- WORK TO BE COMPLETED: Since each line must match the original, copy out the records with no differences at all.

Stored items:
BEGIN

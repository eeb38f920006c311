//! The judge of records of unknown logs.

ghost use Rattle.std.specs.Prelude.{◌≡◌, ◌<◌, ◌≤◌, IfOk, length, take};
ghost use Rattle.body_check.specs.Heard.{HasHeard, IsWalking, AreWalked};
ghost use Rattle.body_check.specs.Lists.{IsJudged, JudgementsAreOne};

use crate::Verdict;
use crate::held::Held;
use crate::spans::{first_bad, may_begin};
use crate::turns::{Turn, hear};
use crate::walk::Walk;
use kube_meta::Memory;
use rev_log::rows_in_order;
use std::alloc::Global;
use watch_lines::{texts_tell_one_line, what_is_told_is_kept};
use watch_record::Between;

/// Judges whether some log tells all of a record.
pub fn check_lists<'a>(alloc: Global, case: &Between<'a>) -> Result<Verdict, Memory>
    ensures { IfOk result (IsJudged case.now) }
{
    texts_tell_one_line();
    what_is_told_is_kept();
    if !may_begin(alloc, &case.ask.selection, &case.rows, case.from)? {
        return Ok(Verdict::BadList { list: 0 });
    }
    let mut walk = Walk::new(alloc, &case.rows, case.from, &case.later)?;
    for (n, text) in case.lines.iter().enumerate() {
        match hear(alloc, &case.ask, &mut walk, text)? {
            Turn::On => {}
            Turn::End => return judge_loss(alloc, case, walk, n + 1),
            Turn::Bad => return Ok(Verdict::BadLine { line: n as u64 }),
        }
    }
    judge_lists(alloc, case, walk)
}

/// A record has one judgement: so each answer of `check_lists` comes exactly where it holds.
pub fn list_judgements_are_one()
    ensures { JudgementsAreOne }
{}

// The judgement where a loss is told behind the lines before it, so many with it.
fn judge_loss<'a>(
    alloc: Global,
    case: &Between<'a>,
    walk: Walk<'a>,
    heard: usize,
) -> Result<Verdict, Memory>
    requires { AreWalked case.now heard walk }
    ensures { IfOk result (IsJudged case.now) }
{
    if heard < case.lines.len() {
        return Ok(Verdict::BadLine { line: heard as u64 });
    }
    judge_lists(alloc, case, walk)
}

// The judgement where some log tells all lines.
fn judge_lists<'a>(alloc: Global, case: &Between<'a>, walk: Walk<'a>) -> Result<Verdict, Memory>
    requires { HasHeard case.now case.now.texts walk }
    ensures { IfOk result (IsJudged case.now) }
{
    let lists = case.later.len();
    let mut walk = walk;
    let to = walk.to;
    walk.pass(to + 1);
    let left = match walk.held {
        Held::Left(left) => left,
        Held::Bad(list) => return Ok(Verdict::BadList { list }),
    };
    let rows = rows_in_order(alloc, walk.rows)?;
    match first_bad(alloc, &case.ask.selection, to, &rows, left)? {
        Some(list) => Ok(Verdict::BadList { list }),
        None => Ok(Verdict::Lawful {
            from: case.from,
            to,
            held: (lists - left.len()) as u64,
        }),
    }
}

END

- ANSWER SPACE:
repository eeb38f920006c311
//! The judge of records of unknown logs.

ghost use Rattle.std.specs.Prelude.{◌≡◌, ◌<◌, ◌≤◌, IfOk, length, take};
ghost use Rattle.body_check.specs.Heard.{HasHeard, IsWalking, AreWalked};
ghost use Rattle.body_check.specs.Lists.{IsJudged, JudgementsAreOne};

use crate::Verdict;
use crate::held::Held;
use crate::spans::{first_bad, may_begin};
use crate::turns::{Turn, hear};
use crate::walk::Walk;
use kube_meta::Memory;
use rev_log::rows_in_order;
use std::alloc::Global;
use watch_lines::{texts_tell_one_line, what_is_told_is_kept};
use watch_record::Between;

/// Judges whether some log tells all of a record.
pub fn check_lists<'a>(alloc: Global, case: &Between<'a>) -> Result<Verdict, Memory>
    ensures { IfOk result (IsJudged case.now) }
{
    texts_tell_one_line();
    what_is_told_is_kept();
    if !may_begin(alloc, &case.ask.selection, &case.rows, case.from)? {
        return Ok(Verdict::BadList { list: 0 });
    }
    let mut walk = Walk::new(alloc, &case.rows, case.from, &case.later)?;
    for (n, text) in case.lines.iter().enumerate() {
        match hear(alloc, &case.ask, &mut walk, text)? {
            Turn::On => {}
            Turn::End => return judge_loss(alloc, case, walk, n + 1),
            Turn::Bad => return Ok(Verdict::BadLine { line: n as u64 }),
        }
    }
    judge_lists(alloc, case, walk)
}

/// A record has one judgement: so each answer of `check_lists` comes exactly where it holds.
pub fn list_judgements_are_one()
    ensures { JudgementsAreOne }
{}

// The judgement where a loss is told behind the lines before it, so many with it.
fn judge_loss<'a>(
    alloc: Global,
    case: &Between<'a>,
    walk: Walk<'a>,
    heard: usize,
) -> Result<Verdict, Memory>
    requires { AreWalked case.now heard walk }
    ensures { IfOk result (IsJudged case.now) }
{
    if heard < case.lines.len() {
        return Ok(Verdict::BadLine { line: heard as u64 });
    }
    judge_lists(alloc, case, walk)
}

// The judgement where some log tells all lines.
fn judge_lists<'a>(alloc: Global, case: &Between<'a>, walk: Walk<'a>) -> Result<Verdict, Memory>
    requires { HasHeard case.now case.now.texts walk }
    ensures { IfOk result (IsJudged case.now) }
{
    let lists = case.later.len();
    let mut walk = walk;
    let to = walk.to;
    walk.pass(to + 1);
    let left = match walk.held {
        Held::Left(left) => left,
        Held::Bad(list) => return Ok(Verdict::BadList { list }),
    };
    let rows = rows_in_order(alloc, walk.rows)?;
    match first_bad(alloc, &case.ask.selection, to, &rows, left)? {
        Some(list) => Ok(Verdict::BadList { list }),
        None => Ok(Verdict::Lawful {
            from: case.from,
            to,
            held: (lists - left.len()) as u64,
        }),
    }
}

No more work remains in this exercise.